I will soon be building up a CAAD9 frame (58) that came with an Ultra fork. It appears from Cannondale Geometry Chart it lists the fork rake as 4.5 (cm)

I was considering either an Edge 2.0 fork or a 3T Funda Pro that I only find available in 43mm (vice 45).

Does anyone think this would be a bad idea or that I should reconsider? After viewing some of the CAAD 9 pics, it looks like several other CAAD 9 owners have used a 3T.

Thanks in advance.

Dave


----------



## AvantDale (Dec 26, 2008)

I'm replaced my Slice Ultra with a 3T.

I can't tell the 2mm offset difference. What I can tell is my ride got smoother and the steering response better. I saved somewhere around 200 grams.


----------



## shimagnolo (Jun 24, 2009)

AvantDale said:


> I'm replaced my Slice Ultra with a 3T.
> 
> I can't tell the 2mm offset difference. What I can tell is my ride got smoother and the steering response better. I saved somewhere around 200 grams.


agree..aside from significant weight savings..aesthetics wise, i think 3Ts matches well with the overall look of the CAAD..


----------



## DG62 (Jan 18, 2009)

AvantDale:

Thanks for your response. Like shimagnolo, I think the 3Ts fork looks great and it's good to know that the ride improved as well.
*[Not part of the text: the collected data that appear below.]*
// The calls of a run: each is judged, emits its pieces and moves the entries. What a call does not
// touch is not copied.
ghost use Rattle.std.specs.Prelude.{◌≡◌, List, ℕ, None};
ghost use Rattle.error.specs.Answer.{answer_number};
ghost use Rattle.calls.specs.Call.{opens, place, value, finish, sub, endsub};
ghost use Rattle.calls.specs.Model.{fault_of, step};
ghost use Rattle.writer_backend.specs.Pieces.{place_of};
ghost use Rattle.value_writes.specs.Values.{value_of};
ghost use Rattle.formatter.specs.Calls.{call_of, step_or};
ghost use Rattle.formatter.specs.View.{view, view_out};
ghost use Rattle.formatter.specs.declared.entries.Entry as declared;

use crate::entries::Entry;
use crate::faults::{
    is_ready, judge_end_sub, judge_finish, judge_open, judge_place, judge_sub, judge_value,
};
use crate::head::Head;
use calls::Kind;
use error::Error;
use formatting::FormattingFlags;
use value_writes::{PVariant, put_value};
use writer_backend::{Builder, PlaceKind, place_fault};

// A call, whose text is lent beside it.
#[derive(Clone, Copy)]
pub enum Op {
    Open(Kind),
    Place(PlaceKind),
    Finish,
    Sub(FormattingFlags),
    EndSub,
    Value(PVariant),
}

impl Head {
    // Opens a builder: its name, and an entry without a field that holds what was refused.
    fn open(
        &mut self,
        stack: &mut [Entry; 64],
        buf: &mut [u8],
        kind: Kind,
        name: &[u8],
    ) -> Result<(), Error>
        ensures { view_out result self.new stack.new buf.new ≡ step (view self.old stack.old buf.old) (opens kind name.now) }
    {
        self.writer.judge(buf)?;
        let depth = self.open_entries();
        judge_open(&stack[..depth], self.margin, kind, name)?;
        let held = self.writer.put_name(buf, kind, name).err();
        stack[depth] = Entry::Builder(Builder {
            kind,
            has_field: false,
            held,
        });
        self.margin += 4;
        self.depth = depth + 1;
        Ok(())
    }

    // A field or an entry: the innermost builder has one, and holds what was refused first.
    fn place(
        &mut self,
        stack: &mut [Entry; 64],
        buf: &mut [u8],
        p: PlaceKind,
        name: &[u8],
    ) -> Result<(), Error>
        ensures { view_out result self.new stack.new buf.new
            ≡ step (view self.old stack.old buf.old) (place (place_of p name.now)) }
    {
        self.writer.judge(buf)?;
        let Some(top) = self.open_entries().checked_sub(1) else {
            return Err(Error::WrongCall);
        };
        let Entry::Builder(builder) = &mut stack[top] else {
            return Err(Error::WrongCall);
        };
        place_fault(p, builder.kind, name)?;
        self.writer.put_place(buf, builder, self.flags.is_alternate, self.margin, p, name);
        Ok(())
    }

    // Closes the innermost builder: what it holds is answered, else its closing is written.
    fn finish(&mut self, stack: &[Entry; 64], buf: &mut [u8]) -> Result<(), Error>
        ensures { view_out result self.new stack.now buf.new ≡ step (view self.old stack.now buf.old) finish }
    {
        self.writer.judge(buf)?;
        let Some(top) = self.open_entries().checked_sub(1) else {
            return Err(Error::WrongCall);
        };
        let Entry::Builder(builder) = stack[top] else {
            return Err(Error::WrongCall);
        };
        self.depth = top;
        if let Some(held) = builder.held() {
            return Err(held);
        }
        self.margin = self.margin.saturating_sub(4);
        self.writer
            .close(buf, builder, self.flags.is_alternate, self.margin)
    }

    // Opens a sub-formatter with flags of its own.
    fn sub(
        &mut self,
        stack: &mut [Entry; 64],
        buf: &[u8],
        flags: FormattingFlags,
    ) -> Result<(), Error>
        ensures { view_out result self.new stack.new buf.now ≡ step (view self.old stack.old buf.now) (sub flags) }
    {
        self.writer.judge(buf)?;
        let depth = self.open_entries();
        judge_sub(&stack[..depth])?;
        stack[depth] = Entry::Outer {
            flags: self.flags,
            margin: self.margin,
        };
        self.flags = flags;
        self.depth = depth + 1;
        Ok(())
    }

    // Closes the innermost sub-formatter: the outer flags and margin return.
    fn end_sub(&mut self, stack: &[Entry; 64], buf: &[u8]) -> Result<(), Error>
        ensures { view_out result self.new stack.now buf.now ≡ step (view self.old stack.now buf.now) endsub }
    {
        self.writer.judge(buf)?;
        let Some(top) = self.open_entries().checked_sub(1) else {
            return Err(Error::WrongCall);
        };
        let Entry::Outer { flags, margin } = stack[top] else {
            return Err(Error::WrongCall);
        };
        self.flags = flags;
        self.margin = margin;
        self.depth = top;
        Ok(())
    }

    // A value, whose text is lent beside it.
    fn value(
        &mut self,
        stack: &[Entry; 64],
        buf: &mut [u8],
        v: PVariant,
        s: &[u8],
    ) -> Result<(), Error>
        ensures { view_out result self.new stack.now buf.new
            ≡ step (view self.old stack.now buf.old) (value (value_of v s.now)) }
    {
        self.writer.judge(buf)?;
        let depth = self.open_entries();
        if !is_ready(&stack[..depth]) {
            return Err(Error::WrongCall);
        }
        put_value(&mut self.writer, buf, self.flags, v, s)
    }

    // What is no call: 8, after 9.
    pub fn no_call(&self, buf: &[u8]) -> Result<(), Error>
        ensures { (s : List declared.Entry) → view_out result self.now s buf.now ≡ step_or (view self.now s buf.now) None }
    {
        self.writer.judge(buf)?;
        Err(Error::WrongCall)
    }

    // What any call meets, without writing anything: 9, 8, 7, then 2, 4 or 5, then 3 in writing. A call
    // that meets nothing can be refused with 6 or 1 alone.
    pub fn judge(&self, stack: &[Entry; 64], buf: &[u8], op: Op, s: &[u8]) -> Result<(), Error>
        ensures { answer_number result ≡ fault_of (view self.now stack.now buf.now) (call_of op s.now) }
    {
        self.writer.judge(buf)?;
        let open = &stack[..self.open_entries()];
        match op {
            Op::Open(kind) => judge_open(open, self.margin, kind, s),
            Op::Place(p) => judge_place(open, p, s),
            Op::Finish => judge_finish(open),
            Op::Sub(_) => judge_sub(open),
            Op::EndSub => judge_end_sub(open),
            Op::Value(v) => judge_value(open, self.writer, v, s),
        }
    }

    // One call, whose text is lent beside it. There is one call site for each function: the compiler
    // then makes one loop of them all.
    pub fn call(
        &mut self,
        stack: &mut [Entry; 64],
        buf: &mut [u8],
        op: Op,
        s: &[u8],
    ) -> Result<(), Error>
        ensures { view_out result self.new stack.new buf.new ≡ step (view self.old stack.old buf.old) (call_of op s.now) }
    {
        match op {
            Op::Open(kind) => self.open(stack, buf, kind, s),
            Op::Place(p) => self.place(stack, buf, p, s),
            Op::Finish => self.finish(stack, buf),
            Op::Sub(flags) => self.sub(stack, buf, flags),
            Op::EndSub => self.end_sub(stack, buf),
            Op::Value(v) => self.value(stack, buf, v, s),
        }
    }
}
I may have to get myself one. 

Dave


----------



## Zachariah (Jan 29, 2009)

Try finding the full carbon Slice Si fork. It was hand-weaved and made by TIME for Cannondale from 1999-2004. Mine weighed 297g cut and is VERY stiff with perfect rake and stable steering response...even at 45mph:


----------



## T K (Feb 11, 2009)

I have been reading on here for months about the 45 mm rake. I have 3 caad 9's and every single one of them has a sticker on the steer tube that clearly says 43 mm. So I am confused. I can't believe I'm the only one here.
I also got the 3T fork for my race bike and it is night and day diff. SMOOTH!!! You'll love it. 
Go to PBK and use a discount code.


----------



## zamboni (Sep 11, 2003)

Where is the sticker indicated 43mm rake? I'm not an engineer and I won't mess with the bike setup beside there must be a reason why Cannondale road bike all use 45mm rake setup.


----------



## kneejerk (Feb 2, 2007)

Supposedly the 43mm rake should make the geometry more stable. Atleast dynamically, when you account for hands on the bars and stem lengths it may be different. I exchanged a few emails with a True Temper rep. saying just that. By going with less rake to 43mm opposed to the 45 you will be increasing the "trail" which should make the bike more stable. 

I was actually arguing the opposite as I recall having an old Specialized bike that was way nervous until I switched to a fork that appeared to have more rake (an Easton fork). There may be a difference in the stability dynamically (what the chassis experiences) and naturally (what the rider feels at the handlebars). Plus, if you have ever had a bike with a pushed in fork at the front, I recall them being rather nervous to ride. 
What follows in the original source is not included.